▶ **Instructions to follow**:
Without any alteration, retype the records that appear below.

• • • • • • •

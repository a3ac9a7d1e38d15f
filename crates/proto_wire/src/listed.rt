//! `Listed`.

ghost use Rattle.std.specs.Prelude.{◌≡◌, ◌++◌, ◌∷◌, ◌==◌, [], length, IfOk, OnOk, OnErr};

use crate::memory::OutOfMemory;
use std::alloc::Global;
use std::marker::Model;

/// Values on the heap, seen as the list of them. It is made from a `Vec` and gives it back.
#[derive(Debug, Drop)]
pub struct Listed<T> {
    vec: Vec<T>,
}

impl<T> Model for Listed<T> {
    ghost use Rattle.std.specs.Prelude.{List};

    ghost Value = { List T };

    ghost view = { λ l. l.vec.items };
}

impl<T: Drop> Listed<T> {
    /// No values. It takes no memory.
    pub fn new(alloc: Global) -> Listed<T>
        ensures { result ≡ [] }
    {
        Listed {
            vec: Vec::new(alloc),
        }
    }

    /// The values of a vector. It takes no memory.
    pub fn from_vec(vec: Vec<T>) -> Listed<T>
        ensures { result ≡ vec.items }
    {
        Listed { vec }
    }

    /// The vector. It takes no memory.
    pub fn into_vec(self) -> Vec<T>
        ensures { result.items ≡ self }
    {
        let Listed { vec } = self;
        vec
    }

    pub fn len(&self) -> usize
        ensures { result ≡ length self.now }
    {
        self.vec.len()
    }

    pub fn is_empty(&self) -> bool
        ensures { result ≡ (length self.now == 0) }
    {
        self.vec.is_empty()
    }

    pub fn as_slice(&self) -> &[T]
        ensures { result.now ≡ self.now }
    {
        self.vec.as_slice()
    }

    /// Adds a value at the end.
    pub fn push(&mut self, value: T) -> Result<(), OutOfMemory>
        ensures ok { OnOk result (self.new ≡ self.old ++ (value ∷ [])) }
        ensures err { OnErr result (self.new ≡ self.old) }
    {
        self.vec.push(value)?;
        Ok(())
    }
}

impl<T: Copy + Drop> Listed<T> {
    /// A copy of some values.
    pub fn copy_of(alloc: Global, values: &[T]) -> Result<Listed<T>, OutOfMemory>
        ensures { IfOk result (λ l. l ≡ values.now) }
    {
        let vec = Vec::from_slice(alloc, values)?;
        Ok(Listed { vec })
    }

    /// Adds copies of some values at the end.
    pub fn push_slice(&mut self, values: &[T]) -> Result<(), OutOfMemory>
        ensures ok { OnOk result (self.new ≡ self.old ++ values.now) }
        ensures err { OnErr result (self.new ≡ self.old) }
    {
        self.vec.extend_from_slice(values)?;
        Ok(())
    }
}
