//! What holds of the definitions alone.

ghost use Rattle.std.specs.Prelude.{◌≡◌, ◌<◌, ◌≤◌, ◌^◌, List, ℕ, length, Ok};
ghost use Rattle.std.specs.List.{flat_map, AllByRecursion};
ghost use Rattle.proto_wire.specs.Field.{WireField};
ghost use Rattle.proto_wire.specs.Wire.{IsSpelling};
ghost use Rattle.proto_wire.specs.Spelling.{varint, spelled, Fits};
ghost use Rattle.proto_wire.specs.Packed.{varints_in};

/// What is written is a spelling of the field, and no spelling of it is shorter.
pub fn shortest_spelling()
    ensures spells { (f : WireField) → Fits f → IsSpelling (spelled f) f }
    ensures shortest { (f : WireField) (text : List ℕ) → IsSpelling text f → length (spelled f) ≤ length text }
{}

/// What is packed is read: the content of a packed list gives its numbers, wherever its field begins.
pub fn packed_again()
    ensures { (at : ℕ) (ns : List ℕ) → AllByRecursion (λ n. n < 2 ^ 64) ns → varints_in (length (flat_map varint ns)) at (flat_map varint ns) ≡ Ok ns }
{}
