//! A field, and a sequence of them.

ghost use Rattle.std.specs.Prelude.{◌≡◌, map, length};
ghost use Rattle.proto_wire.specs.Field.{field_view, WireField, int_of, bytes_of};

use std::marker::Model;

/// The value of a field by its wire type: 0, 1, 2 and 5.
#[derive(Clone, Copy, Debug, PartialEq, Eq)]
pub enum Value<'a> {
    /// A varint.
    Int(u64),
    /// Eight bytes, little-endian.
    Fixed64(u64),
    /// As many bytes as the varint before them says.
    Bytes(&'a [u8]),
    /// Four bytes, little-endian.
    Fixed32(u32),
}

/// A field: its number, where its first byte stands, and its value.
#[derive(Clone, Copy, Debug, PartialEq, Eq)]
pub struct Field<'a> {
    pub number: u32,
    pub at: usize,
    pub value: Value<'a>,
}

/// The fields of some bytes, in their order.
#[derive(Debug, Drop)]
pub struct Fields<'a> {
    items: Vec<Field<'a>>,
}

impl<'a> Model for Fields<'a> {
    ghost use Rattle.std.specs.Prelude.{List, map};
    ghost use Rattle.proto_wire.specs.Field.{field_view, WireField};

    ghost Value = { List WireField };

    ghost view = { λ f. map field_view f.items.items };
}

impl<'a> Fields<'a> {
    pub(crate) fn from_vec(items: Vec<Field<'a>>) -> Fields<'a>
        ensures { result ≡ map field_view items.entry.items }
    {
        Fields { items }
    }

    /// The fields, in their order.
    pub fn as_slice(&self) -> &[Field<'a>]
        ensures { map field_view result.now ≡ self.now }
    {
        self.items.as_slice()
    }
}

• • • • • • •

▶ **Exercise response**:
repository a3ac9a7d1e38d15f
filename crates/proto_wire/src/listed.rt
//! `Listed`.

ghost use Rattle.std.specs.Prelude.{◌≡◌, ◌++◌, ◌∷◌, ◌==◌, [], length, IfOk, OnOk, OnErr};

use crate::memory::OutOfMemory;
use std::alloc::Global;
use std::marker::Model;

/// Values on the heap, seen as the list of them. It is made from a `Vec` and gives it back.
#[derive(Debug, Drop)]
pub struct Listed<T> {
    vec: Vec<T>,
}

impl<T> Model for Listed<T> {
    ghost use Rattle.std.specs.Prelude.{List};

    ghost Value = { List T };

    ghost view = { λ l. l.vec.items };
}

impl<T: Drop> Listed<T> {
    /// No values. It takes no memory.
    pub fn new(alloc: Global) -> Listed<T>
        ensures { result ≡ [] }
    {
        Listed {
            vec: Vec::new(alloc),
        }
    }

    /// The values of a vector. It takes no memory.
    pub fn from_vec(vec: Vec<T>) -> Listed<T>
        ensures { result ≡ vec.items }
    {
        Listed { vec }
    }

    /// The vector. It takes no memory.
    pub fn into_vec(self) -> Vec<T>
        ensures { result.items ≡ self }
    {
        let Listed { vec } = self;
        vec
    }

    pub fn len(&self) -> usize
        ensures { result ≡ length self.now }
    {
        self.vec.len()
    }

    pub fn is_empty(&self) -> bool
        ensures { result ≡ (length self.now == 0) }
    {
        self.vec.is_empty()
    }

    pub fn as_slice(&self) -> &[T]
        ensures { result.now ≡ self.now }
    {
        self.vec.as_slice()
    }

    /// Adds a value at the end.
    pub fn push(&mut self, value: T) -> Result<(), OutOfMemory>
        ensures ok { OnOk result (self.new ≡ self.old ++ (value ∷ [])) }
        ensures err { OnErr result (self.new ≡ self.old) }
    {
        self.vec.push(value)?;
        Ok(())
    }
}

impl<T: Copy + Drop> Listed<T> {
    /// A copy of some values.
    pub fn copy_of(alloc: Global, values: &[T]) -> Result<Listed<T>, OutOfMemory>
        ensures { IfOk result (λ l. l ≡ values.now) }
    {
        let vec = Vec::from_slice(alloc, values)?;
        Ok(Listed { vec })
    }

    /// Adds copies of some values at the end.
    pub fn push_slice(&mut self, values: &[T]) -> Result<(), OutOfMemory>
        ensures ok { OnOk result (self.new ≡ self.old ++ values.now) }
        ensures err { OnErr result (self.new ≡ self.old) }
    {
        self.vec.extend_from_slice(values)?;
        Ok(())
    }
}
//! What holds of the definitions alone.

ghost use Rattle.std.specs.Prelude.{◌≡◌, ◌<◌, ◌≤◌, ◌^◌, List, ℕ, length, Ok};
ghost use Rattle.std.specs.List.{flat_map, AllByRecursion};
ghost use Rattle.proto_wire.specs.Field.{WireField};
ghost use Rattle.proto_wire.specs.Wire.{IsSpelling};
ghost use Rattle.proto_wire.specs.Spelling.{varint, spelled, Fits};
ghost use Rattle.proto_wire.specs.Packed.{varints_in};

/// What is written is a spelling of the field, and no spelling of it is shorter.
pub fn shortest_spelling()
    ensures spells { (f : WireField) → Fits f → IsSpelling (spelled f) f }
    ensures shortest { (f : WireField) (text : List ℕ) → IsSpelling text f → length (spelled f) ≤ length text }
{}

/// What is packed is read: the content of a packed list gives its numbers, wherever its field begins.
pub fn packed_again()
    ensures { (at : ℕ) (ns : List ℕ) → AllByRecursion (λ n. n < 2 ^ 64) ns → varints_in (length (flat_map varint ns)) at (flat_map varint ns) ≡ Ok ns }
{}
//! A field, and a sequence of them.

ghost use Rattle.std.specs.Prelude.{◌≡◌, map, length};
ghost use Rattle.proto_wire.specs.Field.{field_view, WireField, int_of, bytes_of};

use std::marker::Model;

/// The value of a field by its wire type: 0, 1, 2 and 5.
#[derive(Clone, Copy, Debug, PartialEq, Eq)]
pub enum Value<'a> {
    /// A varint.
    Int(u64),
    /// Eight bytes, little-endian.
    Fixed64(u64),
    /// As many bytes as the varint before them says.
    Bytes(&'a [u8]),
    /// Four bytes, little-endian.
    Fixed32(u32),
}

/// A field: its number, where its first byte stands, and its value.
#[derive(Clone, Copy, Debug, PartialEq, Eq)]
pub struct Field<'a> {
    pub number: u32,
    pub at: usize,
    pub value: Value<'a>,
}

/// The fields of some bytes, in their order.
#[derive(Debug, Drop)]
pub struct Fields<'a> {
    items: Vec<Field<'a>>,
}

impl<'a> Model for Fields<'a> {
    ghost use Rattle.std.specs.Prelude.{List, map};
    ghost use Rattle.proto_wire.specs.Field.{field_view, WireField};

    ghost Value = { List WireField };

    ghost view = { λ f. map field_view f.items.items };
}

impl<'a> Fields<'a> {
    pub(crate) fn from_vec(items: Vec<Field<'a>>) -> Fields<'a>
        ensures { result ≡ map field_view items.entry.items }
    {
        Fields { items }
    }

    /// The fields, in their order.
    pub fn as_slice(&self) -> &[Field<'a>]
        ensures { map field_view result.now ≡ self.now }
    {
        self.items.as_slice()
    }
}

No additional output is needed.